I begin this essay with a synopsis of feminist analyses of cosmetic breast surgeries, which interpret these surgeries variously as exemplars of the objectification and sexualization of women; as psychologically beneficial acts that enable patients to feel more at home in their bodies; and finally, as connected to powerful and multivalent cultural ideas about breasts. These analyses provide a rich and multifaceted context for thinking about the function of photography for cosmetic breast surgeries. After this necessarily concise summary, I extend a theoretical framework for reading my two examples as illuminative of the terrain of cosmetic breast surgeries. Kaja Silverman recently posited that photography is disclosive, rather than evidentiary; in her words, as an object that is of this world, it is “the world’s primary way of revealing itself to us” (7 and 10). In my book, Surface Imaginations: Cosmetic Surgery, Photography, and Skin, I argued that the contemporary conditions of the cosmetic surgery industry are shaped by the seductive fantasy that an alteration on the surface of the body will result in an improvement of one’s interior life, aligned with a promise that our bodies are limitlessly transformable and most of all, controllable (19). I call this fantasy “surface imagination.” Silverman’s contention that the photograph is disclosive is provocative to me, as I previously understood the use of photographs within cosmetic surgery as objects of aspirational evidence. This essay provides an opportunity to reflect on how these two ways of understanding photographs are in tension with and complement one another. Before delving into the photographs, I offer a sketch of the methodology I use to connect three narratives of cosmetic breast surgery by Tonya, Leah, and Melinda (all pseudonyms), with an analysis of two archetypical before and after photographs found online. Conceiving of photography as disclosive pushes me to rethink the function of before and after photographs beyond their more commonly perceived status as evidence. This rethinking is a useful intervention to better understand what these photographs mean to women considering and undergoing cosmetic breast surgeries, as well as their use in medicine and popular culture.

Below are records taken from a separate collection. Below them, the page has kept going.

// How far a server's line over paths has come.
ghost use Rattle.std.specs.Prelude.{◌≡◌, ◌&&◌, is_some, not, true};
ghost use Rattle.std.specs.Option.{option_copied, option_map};
ghost use Rattle.core_definitions.specs.Lines.{missing_bitmaps};
ghost use Rattle.core_definitions.specs.Logs.{is_none};
ghost use Rattle.core_definitions.specs.Servers.{stage_of};
ghost use Rattle.core_definitions.specs.Settings.{Setting};
ghost use Rattle.set_definitions.specs.Sets.{to_ask};
ghost use Rattle.kept_plans.specs.Kept.{IsKeptBeside};
ghost use Rattle.kept_plans.specs.declared.kept.KeptEnd.TheVariants as ends;
ghost use Rattle.line_stages.specs.Reading.{end_stage, held_stage, if_through, kept_stage, line_stage, or_growing, path_line, plan_stage, stage_read};
ghost use Rattle.line_stages.specs.Stages.{IsStage, wants_plan};

use clerk_cache::Cache;
use frang_base::{LockId, Mode, Sector};
use kept_plans::{KeptEnd, KeptPlan};
use line_sight::first_missing;
use lock_sets::LockSet;
use lock_table::LockTable;
use server_core::{Server, Under};

/// How far a server's line over paths has come.
#[derive(Clone, Copy)]
pub enum Stage {
    /// A lock of the set lacks: this is the least one.
    Asking { lock: LockId, mode: Mode },
    /// Bitmaps of the set lack.
    Bitmaps,
    /// The plan needs this sector, and the lock that covers it is in the set.
    Fetching { sector: Sector, cover: LockId },
    /// A seen sector has moved.
    Moving,
    /// The comparison hasn't gone through.
    Stopping,
    /// The set lacks a lock that the plan finds.
    Growing,
    /// A block has to be cleared.
    Clearing { block: u32 },
    /// The line is finished: what it comes to is the kept plan's outcome.
    Finishing,
}

/// Whether the stage of a server goes by its plan: it is up, its line under way is an open one over paths, its set is held and no bitmap of it lacks.
pub fn wants_plan(table: &LockTable, server: &Server) -> bool
    ensures { result ≡ wants_plan table.now.locks server.now.id server.now.server }
{
    match path_line(server) {
        Some(under) => is_ready(table, server, under),
        None => false,
    }
}

// Whether a line's set is held and no bitmap of it lacks.
fn is_ready(table: &LockTable, server: &Server, under: &Under) -> bool
    ensures { result ≡ (not (is_some (to_ask table.now.locks server.now.id under.now.under.set)) && is_none (missing_bitmaps under.now.under.set server.now.server.cache)) }
{
    under.set().to_ask(table, server.id()).is_none() && is_none_missing(under.set(), server.cache())
}

// Whether no bitmap of a set lacks.
fn is_none_missing(set: &LockSet, cache: &Cache) -> bool
    ensures { result ≡ is_none (missing_bitmaps set.now cache.now.entries) }
{
    first_missing(set, cache).is_none()
}

/// How far a server's line over paths has come, by the plan that is kept beside it. `None` where the server isn't up, or its line under way is no open one over paths. Where a plan is wanted and
/// none is kept it says that the comparison hasn't gone through, and then nothing of the line is enabled. It takes no memory.
pub fn stage_of(table: &LockTable, server: &Server, plan: &Option<KeptPlan>) -> Option<Stage>
    ensures is { (setting : Setting) → (wants_plan table.now.locks server.now.id server.now.server ≡ true → is_some plan.now ≡ true) → IsKeptBeside setting server.now.server plan.now
        → IsStage plan.now server.now.server result (stage_of setting table.now.locks server.now.id server.now.server) }
    ensures reads { result ≡ stage_read table.now.locks server.now.id server.now.server plan.now }
{
    read_stage(table, server, plan)
}

// The same, as it is read off.
fn read_stage(table: &LockTable, server: &Server, plan: &Option<KeptPlan>) -> Option<Stage>
    ensures { result ≡ stage_read table.now.locks server.now.id server.now.server plan.now }
{
    let under = path_line(server)?;
    Some(line_stage(table, server, under, plan))
}

/// Of a server that is up its line under way, where that is an open one over paths.
pub(crate) fn path_line(server: &Server) -> Option<&Under>
    ensures { option_map (λ u. u.under) (option_copied result) ≡ path_line server.now.server }
{
    let under = server.under()?;
    if server.is_up() && under.is_over_paths() {
        Some(under)
    } else {
        None
    }
}

// How far a line has come.
fn line_stage(table: &LockTable, server: &Server, under: &Under, plan: &Option<KeptPlan>) -> Stage
    ensures { result ≡ line_stage under.now.under.set server.now.server.cache plan.now (to_ask table.now.locks server.now.id under.now.under.set) }
{
    match under.set().to_ask(table, server.id()) {
        Some((lock, mode)) => Stage::Asking { lock, mode },
        None => held_stage(under.set(), server.cache(), plan),
    }
}

// With its set held.
fn held_stage(set: &LockSet, cache: &Cache, plan: &Option<KeptPlan>) -> Stage
    ensures { result ≡ held_stage set.now plan.now (missing_bitmaps set.now cache.now.entries) }
{
    if first_missing(set, cache).is_some() {
        return Stage::Bitmaps;
    }
    kept_stage(set, plan)
}

// And its bitmaps at hand.
fn kept_stage(set: &LockSet, plan: &Option<KeptPlan>) -> Stage
    ensures { result ≡ kept_stage set.now plan.now }
{
    match plan {
        Some(KeptPlan::Planned(plan)) => end_stage(set, plan.through, &plan.end),
        Some(KeptPlan::Moved) => Stage::Moving,
        None => Stage::Stopping,
    }
}

// By how its plan ends; whether its comparison has gone through.
fn end_stage(set: &LockSet, through: bool, end: &KeptEnd) -> Stage
    ensures { result ≡ end_stage set.now through end.now }
{
    match end {
        KeptEnd::Need { sector, cover } => need_stage(set, through, *sector, *cover),
        KeptEnd::Segments => if_through(through, Stage::Growing),
        KeptEnd::Clear { block, locks } => {
            let stage = or_growing(set, locks, Stage::Clearing { block: *block });
            if_through(through, stage)
        }
        KeptEnd::Done(done) => {
            let stage = or_growing(set, &done.locks, Stage::Finishing);
            if_through(through, stage)
        }
    }
}

fn need_stage(set: &LockSet, through: bool, sector: Sector, cover: LockId) -> Stage
    ensures { result ≡ end_stage set.now through (ends.Need sector cover) }
{
    if set.has(cover) {
        Stage::Fetching { sector, cover }
    } else {
        if_through(through, Stage::Growing)
    }
}

// Only where the comparison has gone through.
fn if_through(through: bool, stage: Stage) -> Stage
    ensures { result ≡ if_through through stage }
{
    if through { stage } else { Stage::Stopping }
}

// The set grows where it lacks one of these locks.
fn or_growing(set: &LockSet, locks: &LockSet, stage: Stage) -> Stage
    ensures { result ≡ or_growing set.now locks.now stage }
{
    if set.lacks_any(locks.as_slice()) {
        Stage::Growing
    } else {
        stage
    }
}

Analyses of cosmetic breast surgeries exist amongst the earliest feminist investigations into the relationship between culture, images, and the cosmetic surgery industry. These initial discussions typically presented cosmetic breast surgeries as objectifying and harmful, a capitulation to visual preferences generated by men through the beauty and pornography industries. For example, Kathryn Pauly Morgan claims that “de-skin[ning] and altering the contours of women’s bodies” to look like “mannequins with large breasts in the shop windows of modern patriarchal culture” happens in a context where women are subject to “compulsory attractiveness,” which is “defined as attractive-to-men,” and where women are compelled to direct their sexuality towards men (46 and 32). Other early feminist approaches emphasized the sexualization of women’s breasts in cosmetic surgery, linking breast augmentation with foot binding, as a means to “increase sexual desirability” (Spitzack 39). A common thread that connects several of the objectification analyses is a concern about the creation of pathologies such as “micromastia” to justify breast implants (Bordo 44; see also Morgan 39-41; Spitzack 38). Although contemporary analyses of cosmetic surgery tend to be more nuanced, such analyses of breast augmentation continue to have an afterlife in anti-pornography analyses, as well as trans-exclusionary radical feminist analyses of transgender surgeries (see Dines; Jeffreys).

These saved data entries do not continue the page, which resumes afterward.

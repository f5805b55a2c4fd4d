// What nodes take of the disk.
ghost use Rattle.std.specs.Prelude.{◌≡◌, ◌≤◌, true};
ghost use Rattle.tree_definitions.specs.Tree.{small_blocks_of, large_blocks_of, must_grow};

use frang_base::limits::{BLOCK_ENTRIES, INODE_BLOCKS_MAX, SMALL_BLOCK_BYTES, SMALL_BYTES_MAX};
use tree_definitions::{Entries, Node};

/// Blocks of the disk: small ones of files, small ones of directories, and large ones.
#[derive(Clone, Copy)]
pub struct Blocks {
    pub files: u64,
    pub dirs: u64,
    pub larges: u64,
}

/// The small blocks that the bytes of a file take.
pub fn small_blocks_of(size: usize) -> u64
    ensures is { result ≡ small_blocks_of size }
    ensures few { result ≤ INODE_BLOCKS_MAX }
{
    ((size as u64).min(SMALL_BYTES_MAX) + (SMALL_BLOCK_BYTES - 1)) / SMALL_BLOCK_BYTES
}

/// The large blocks that the bytes of a file take, at most one.
pub fn large_blocks_of(size: usize) -> u64
    ensures is { result ≡ large_blocks_of size }
    ensures few { result ≤ 1 }
{
    if size as u64 > SMALL_BYTES_MAX { 1 } else { 0 }
}

impl Blocks {
    ghost use Rattle.tree_edits.specs.Counts.{blocks_of, CanCount, Counts};

    /// No blocks.
    pub const NONE: Blocks = Blocks {
        files: 0,
        dirs: 0,
        larges: 0,
    };

    /// What a node takes.
    pub fn of(node: &Node) -> Blocks
        ensures { result ≡ blocks_of node.now }
    {
        match node {
            Node::Dir { blocks, .. } => Blocks {
                files: 0,
                dirs: u64::from(*blocks),
                larges: 0,
            },
            Node::File { cells, .. } => Blocks {
                files: small_blocks_of(cells.len()),
                dirs: 0,
                larges: large_blocks_of(cells.len()),
            },
            Node::Link { .. } => Blocks::NONE,
        }
    }

    /// These blocks with some in place of others.
    pub fn with(self, before: Blocks, after: Blocks) -> Blocks
        requires { CanCount self before after }
        ensures { Counts self before after result }
    {
        Blocks {
            files: self.files + after.files - before.files,
            dirs: self.dirs + after.dirs - before.dirs,
            larges: self.larges + after.larges - before.larges,
        }
    }
}

/// Whether one entry more takes a further block.
pub fn must_grow(entries: &Entries, blocks: u32) -> bool
    ensures is { result ≡ must_grow entries.now blocks }
    ensures few { result ≡ true → blocks ≤ INODE_BLOCKS_MAX }
{
    u64::from(BLOCK_ENTRIES) * u64::from(blocks) <= entries.len() as u64
}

Cosmetic breast surgeries are frequently explained as having a beneficial psychological outcome, because patients report they can dwell more easily within their bodies because their internal image of their body is more closely aligned with its outward appearance following surgery. Kathy Davis’s Reshaping the Female Body: The Dilemma of Cosmetic Surgery was the first scholarly text to take this claim seriously. She argues that while cosmetic surgery has been sensationalized as the domain of the rich, vain, and famous, the majority of women who undergo cosmetic surgery desire to appear “ordinary” (Davis 12). More importantly, women’s active engagement with cosmetic surgery resists cultural expectations for women to be passive and compliant. Davis concludes that cosmetic surgery can be a means for women to become “embodied subjects, rather than objectified bodies” (114). Debra Gimlin’s interviews with women who underwent breast augmentation reveal that women combined the narrative that cosmetic surgery is psychologically beneficial with the narrative that they were hard-working people and thus morally entitled to surgery (86-88). These interviews also show an intriguing alignment with popular discourses about the importance of self-care for women. As I will discuss shortly, my interviews with three women who underwent cosmetic breast surgeries within the context of a project about cosmetic surgery more generally also reflected the idea that these surgeries were a form of self-care and taking control of one’s life (Hurst).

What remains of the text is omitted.